A Signalling Model

For years we’ve heard about the technical mastery of Chinese students: they were entering the Intel Science Search in mass numbers, they were all getting engineering degrees, and the future downfall of the United States was at hand. The numbers were shocking to many and a little dubious to those of us with experience in education. (Many of my classmates were foreign at both the undergraduate and graduate level. They were quite smart but I never viewed foreign students as super-smart automatons ready to conquer the world.) Sure, perhaps 1,000,000 students entered the science fair, but were the projects any good?

It seems that some of the progress, at least, has been exaggerated. As the Economist reports:

ALMOST 7m students are graduating from Chinese universities this summer, and there is plenty of pressure to turn newly minted qualifications into well-paid jobs. The competition is increased by the ease with which almost anyone in China can buy a fake degree.

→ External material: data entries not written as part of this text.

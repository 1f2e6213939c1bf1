//! What a journal's lines say.

ghost use Rattle.std.specs.Prelude.{◌≡◌, ◌-◌, ◌^◌, min, IfOk, IfErr};
ghost use Rattle.message.specs.Content.{content_size};
ghost use Rattle.message.specs.declared.fault.Fault.TheVariants.{OutOfMemory};

use crate::base::Base;
use crate::moment::Moment;
use crate::numbers::Numbers;
use message::{Content, Fault, MessageId, QueueName};
use queue_config::Settings;
use std::alloc::Global;

/// Where a dead letter comes from: the queue that it left, and what it keeps of its time there. The uid
/// and the number together name the transfer, which a queue accepts once.
#[derive(Clone, Copy, Debug, PartialEq, Eq)]
pub struct Origin {
    /// The uid of the queue that it left.
    pub uid: u64,
    /// Its number in that queue.
    pub number: u64,
    /// That queue's name.
    pub name: QueueName,
    /// The message's id, which a transfer keeps.
    pub id: MessageId,
    /// When it was first sent.
    pub sent: Moment,
}

/// What happened to a queue. `C` stands for the content of a message.
#[derive(Debug, Drop)]
pub enum Event<C> {
    /// The queue was opened under a uid, with its first settings. A journal begins with this, or with what
    /// stands for it and the entries after it.
    Opened {
        uid: u64,
        settings: Settings,
    },
    /// A message was sent, to be offered after a delay in seconds.
    Sent {
        delay: u16,
        content: C,
    },
    /// A dead letter of another queue came here.
    Arrived {
        origin: Origin,
        content: C,
    },
    /// Messages were received: those of the offered numbers, each for a timeout in seconds from
    /// then on. Those of the leaving numbers left for the dead-letter queue of a uid, which is 0 where
    /// the queue has none.
    Received {
        timeout: u32,
        offered: Numbers,
        leaving: Numbers,
        target: u64,
    },
    /// The message of a number is due again a timeout in seconds after this entry.
    Changed {
        number: u64,
        timeout: u32,
    },
    /// The message of a number was deleted.
    Deleted {
        number: u64,
    },
    /// A delete came for a message that was gone already, or under an older handle.
    DeletedAgain,
    /// All messages that were in the queue were purged, and not those that had left for a dead-letter
    /// queue.
    Purged,
    /// The queue got settings.
    Set {
        settings: Settings,
    },
    /// The dead-letter queue has accepted the message of a number, which waited for that.
    Settled {
        number: u64,
    },
    /// The dead-letter queue of a uid is gone: the messages that waited for it came back.
    Orphaned {
        target: u64,
    },
    /// The queue itself refused a request.
    Refused {
        fault: Fault,
    },
    /// The queue was closed. No entry follows.
    Closed,
    /// A checkpoint: what stands for all entries before it, in their place. So it is a journal's first entry.
    Base(Base<C>),
}

/// An event and its time.
#[derive(Debug, Drop)]
pub struct Entry<C> {
    pub at: Moment,
    pub event: Event<C>,
}

/// An entry with the content of its message.
pub type Line = Entry<Content>;

/// An entry with the size of its message's content, in bytes.
pub type Mark = Entry<u64>;

impl Event<Content> {
    ghost use Rattle.journal.specs.Mark.{mark_event};

    /// The same event, with the size of the content in its place. `OutOfMemory` is the only refusal.
    fn mark(&self, alloc: Global) -> Result<Event<u64>, Fault>
        ensures ok { IfOk result (λ event. event ≡ mark_event content_size self.now) }
        ensures errors { IfErr result (λ fault. fault ≡ OutOfMemory) }
    {
        Ok(match self {
            Event::Opened { uid, settings } => Event::Opened {
                uid: *uid,
                settings: *settings,
            },
            Event::Sent { delay, content } => Event::Sent {
                delay: *delay,
                content: content.size(),
            },
            Event::Arrived { origin, content } => Event::Arrived {
                origin: *origin,
                content: content.size(),
            },
            Event::Received {
                timeout,
                offered,
                leaving,
                target,
            } => Event::Received {
                timeout: *timeout,
                offered: offered.copied(alloc)?,
                leaving: leaving.copied(alloc)?,
                target: *target,
            },
            Event::Changed { number, timeout } => Event::Changed {
                number: *number,
                timeout: *timeout,
            },
            Event::Deleted { number } => Event::Deleted { number: *number },
            Event::DeletedAgain => Event::DeletedAgain,
            Event::Purged => Event::Purged,
            Event::Set { settings } => Event::Set {
                settings: *settings,
            },
            Event::Settled { number } => Event::Settled { number: *number },
            Event::Orphaned { target } => Event::Orphaned { target: *target },
            Event::Refused { fault } => Event::Refused { fault: *fault },
            Event::Closed => Event::Closed,
            Event::Base(base) => Event::Base(base.mark(alloc)?),
        })
    }
}

impl Entry<Content> {
    ghost use Rattle.journal.specs.Mark.{mark_of};
    ghost use Rattle.journal.specs.Weight.{event_weight};

    /// How much of a journal's limit the line takes: 1, and a checkpoint 1 more for each message that it
    /// keeps. A weight past 2^64 - 1 stays there.
    pub(crate) fn weight(&self) -> u64
        ensures { result ≡ min (event_weight self.now.event) (2 ^ 64 - 1) }
    {
        match &self.event {
            Event::Base(base) => (base.messages().len() as u64).saturating_add(1),
            _ => 1,
        }
    }

    /// The mark of a line. Its lists of numbers take memory: `OutOfMemory` is the only refusal.
    pub(crate) fn mark(&self, alloc: Global) -> Result<Mark, Fault>
        ensures ok { IfOk result (λ mark. mark ≡ mark_of content_size self.now) }
        ensures errors { IfErr result (λ fault. fault ≡ OutOfMemory) }
    {
        let event = self.event.mark(alloc)?;
        Ok(Entry { at: self.at, event })
    }
}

Can a country, in 30 years, have developed the infrastructure to educate 7 million people at the university level? That’s the equivalent of 140 giant State schools of 50,000 students each. Are there enough qualified professors to train them all?

There’s been much talk recently of an “education bubble” in America. I agree that education is expensive, but is it the sort of asset that can produce a bubble? I’m unsure. There is sad evidence that in China the signalling is more important than the educational experience:

“Chinese people pay more attention to having a diploma than they do to having a real education,” says Mr Xiong. “A diploma is worth actual money, whereas an education is not.”

A country where that is true will never be at the forefront of human progress.